# SEC through brick wall



## robnj772 (Jan 15, 2008)

alann53 said:


> I will be installing a service. The SEC will go through a brick wall on the side of the house. How can I seal the hole around the SEC?


 
Seriously ???????


----------



## MDShunk (Jan 7, 2007)

alann53 said:


> I will be installing a service. The SEC will go through a brick wall on the side of the house. How can I seal the hole around the SEC?


You could use Silly Putty or McDonald's Bic Mac sauce, but I'd probably use silicone or duct seal.


----------



## alann53 (Dec 17, 2007)

MDShunk said:


> You could use Silly Putty or McDonald's Bic Mac sauce, but I'd probably use silicone or duct seal.
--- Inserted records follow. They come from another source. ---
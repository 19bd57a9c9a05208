// Reads a sheet with its input values from standard input and writes the run's report, or the line of its refusal, to standard output:
// document 01, 'The program'. What is written for what was read is proved, for every reader and writer whose bytes are known
// (`answer_from`). Assumed is that standard input and output move the bytes that their calls say, which no contract can state: what an
// operating system gives and takes is known to nobody beforehand. A read or a write that fails ends the program with the error.
#![tactic(auto)]

ghost use Rattle.std.specs.Prelude.{◌≡◌, ◌≤◌, length, take, IfOk, OnOk, IfSome};
ghost use Rattle.std.specs.Io.KnownBytes.{Appends};
ghost use Rattle.alpha.specs.Program.{program};

use std::io;
use std::io::{Read, Write};

// Reads until `buf` is full or the input ends, and answers how many bytes were read.
fn read_full<R: Read>(input: &mut R, buf: &mut [u8]) -> io::Result<usize>
    ensures within { IfOk result (λ n. n ≤ length buf.new) }
    ensures first { IfOk result (λ n. IfSome (R.remaining input.old) (λ bs. take n buf.new ≡ take (length buf.old) bs)) }
{
    let mut at = 0;
    // A while: how many reads it takes is not known before.
    while at < buf.len() {
        let n = input.read(&mut buf[at..])?;
        if n == 0 {
            return Ok(at);
        }
        at += n;
    }
    Ok(at)
}

// Reads an input until it ends or 81,932 bytes are there, and writes the program's output to the whole of it: so many bytes are enough of
// any input (`program-stops` of crate program's proofs/Stopping.antt).
fn answer_from<R: Read, W: Write>(input: &mut R, output: &mut W) -> io::Result<()>
    ensures { OnOk result (IfSome (R.remaining input.old)
        (λ bs. Appends (W.contents output.old) (W.contents output.new) (program bs))) }
{
    let mut read = [0u8; 81932];
    let n = read_full(input, &mut read)?;
    let mut out = [0u8; 208910];
    let len = program::answer::answer(&read[..n], &mut out);
    output.write_all(&out[..len])
}

fn main(rt: HostRuntime) -> io::Result<()> {
    answer_from(&mut rt.stdin(), &mut rt.stdout())
}
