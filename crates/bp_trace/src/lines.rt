//! The lines of a report: one for an eviction, a discard, a write-out or a read, and one for a refused row.
ghost use Rattle.std.specs.Prelude.{◌≡◌, ◌≤◌, length, OnOk};
ghost use Rattle.std.specs.Io.KnownBytes.{Appends};
ghost use Rattle.hex.specs.Hex.{encode_lower};
ghost use Rattle.bp_trail.specs.Event.{page_of};
ghost use Rattle.bp_trace.specs.Lines.{event_line, read_line, refused_line};

use bp_scripts::Refused;
use bp_trail::{Call, Entry, Reply};
use std::io;
use std::io::Write;

/// A report shows at most this many bytes of an image.
pub(crate) const SHOWN: usize = 16;

/// Returns the number of the page that a call names, or 0 where it names none.
pub(crate) fn page_of(call: &Call) -> u64
    ensures { result ≡ page_of call.now }
{
    match call {
        Call::Fix(page)
        | Call::ReadEnd { page, .. }
        | Call::WriteEnd { page, .. }
        | Call::Read { page, .. }
        | Call::Write { page, .. }
        | Call::Unfix { page, .. }
        | Call::Flush(page)
        | Call::Discard(page) => page.number(),
        Call::Tick(_) | Call::Mark(_) | Call::Purge => 0,
    }
}

fn write_hex<W: Write>(bytes: &[u8], writer: &mut W) -> io::Result<()>
    requires { length bytes.now ≤ SHOWN }
    ensures { OnOk result (Appends (W.contents writer.old) (W.contents writer.new)
        (encode_lower bytes.now)) }
{
    let mut digits = [0; 2 * SHOWN];
    let text = &mut digits[..2 * bytes.len()];
    hex::encode_to_slice(bytes, text).unwrap();
    writer.write_all(text)
}

/// Writes the line of a read: the client, the page and the first 16 bytes of its image.
pub(crate) fn write_read<W: Write>(
    client: u8,
    page: u64,
    image: &[u8],
    writer: &mut W,
) -> io::Result<()>
    ensures { OnOk result (Appends (W.contents writer.old) (W.contents writer.new)
        (read_line client page image.now)) }
{
    let (shown, _) = image.split_at(image.len().min(SHOWN));
    write!(writer, "read {client} {page} ")?;
    write_hex(shown, writer)?;
    writeln!(writer)
}

/// Writes the line of an entry at its time, or nothing where it has no line. A fault of the writer is passed on.
pub fn write_event<W: Write>(time: u128, entry: &Entry, writer: &mut W) -> io::Result<()>
    ensures { OnOk result (Appends (W.contents writer.old) (W.contents writer.new)
        (event_line time entry.now)) }
{
    let page = page_of(&entry.call);
    match &entry.reply {
        Reply::Load {
            evicted: Some(victim),
            ..
        } => {
            let victim = victim.number();
            writeln!(writer, "evict {time} {victim}")
        }
        Reply::Discarded => writeln!(writer, "discard {time} {page}"),
        Reply::Cleaned | Reply::StillDirty => writeln!(writer, "out {time} {page}"),
        Reply::Content(image) => write_read(entry.client, page, image.bytes(), writer),
        _ => Ok(()),
    }
}

pub fn write_refused<W: Write>(refused: &Refused, writer: &mut W) -> io::Result<()>
    ensures { OnOk result (Appends (W.contents writer.old) (W.contents writer.new)
        (refused_line refused.now)) }
{
    let row = refused.row;
    let number = refused.number;
    writeln!(writer, "row {row} refused {number}")
}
I don't think Big Mac sauce would hold up. Let me restate my question so that it will be taken seriously. Which product do you prefer for sealing around SEC? Duct seal, silicone or something else?


----------



## dawgs (Dec 1, 2007)

In prefer whatever is handy, ductseal, silicone, or caulk.


----------



## McClary’s Electrical (Feb 21, 2009)

alann53 said:


> I will be installing a service. The SEC will go through a brick wall on the side of the house. How can I seal the hole around the SEC?


 
For real?:lol:


----------



## jwjrw (Jan 14, 2010)

I usually use silicone.


----------



## Jlarson (Jun 28, 2009)

jwjrw said:


> I usually use silicon.


You mean the stuff in computer chips? :blink: (spelling does matter sometimes):laughing:


----------



## jwjrw (Jan 14, 2010)

Jlarson said:


> You mean the stuff in computer chips? :blink: (spelling does matter sometimes):laughing:



Sad thing is in my mind I spelled it correctly. But my fingers typed what they wanted. :laughing:


----------



## Jlarson (Jun 28, 2009)

jwjrw said:


> Sad thing is in my mind I spelled it correctly. But my fingers typed what they wanted. :laughing:


Yeah ok what ever. :laughing:


----------



## Shockdoc (Mar 4, 2010)

You cannot run SE cable thru brick or concrete without sleeving it......Install 2" pvc sleeves first, then silicone your cable in the conduit. That would be the right way.


----------



## Bob Badger (Apr 19, 2009)

Shockdoc said:


> You cannot run SE cable thru brick or concrete without sleeving it


You have a code section in mind?


----------



## Shockdoc (Mar 4, 2010)

Bob Badger said:


> You have a code section in mind?


I'll hide behind physical protection. It's not really code but it is the best way to run any cable thru rough concrete/brick penetrations


----------



## raider1 (Jan 22, 2007)

Bob Badger said:


> You have a code section in mind?


Yep the Hazard county electrical code section 1.1.3.4.:thumbsup:

Chris


----------



## Bob Badger (Apr 19, 2009)

raider1 said:


> Yep the Hazard county electrical code section 1.1.3.4.:thumbsup:


:laughing:


I hope Daisy works the permit counter. :thumbup:


----------



## raider1 (Jan 22, 2007)

Bob Badger said:


> :laughing:
> 
> 
> I hope Daisy works the permit counter. :thumbup:


Me Too.:thumbsup:

Chris


----------



## Shockdoc (Mar 4, 2010)

I'm gonna have my wife join me next summer in her daisy dukes. I'll wait for a good busy day to distract all the other trades


----------



## McClary’s Electrical (Feb 21, 2009)

Shockdoc said:


> I'm gonna have my wife join me next summer in her daisy dukes. I'll wait for a good busy day to distract all the other trades


 


got a pic?:whistling2:


----------



## wayne g (Nov 28, 2010)

Article 338
338.2 Type SE - Service entrance cable having a flame ******** moisture-resistant covering.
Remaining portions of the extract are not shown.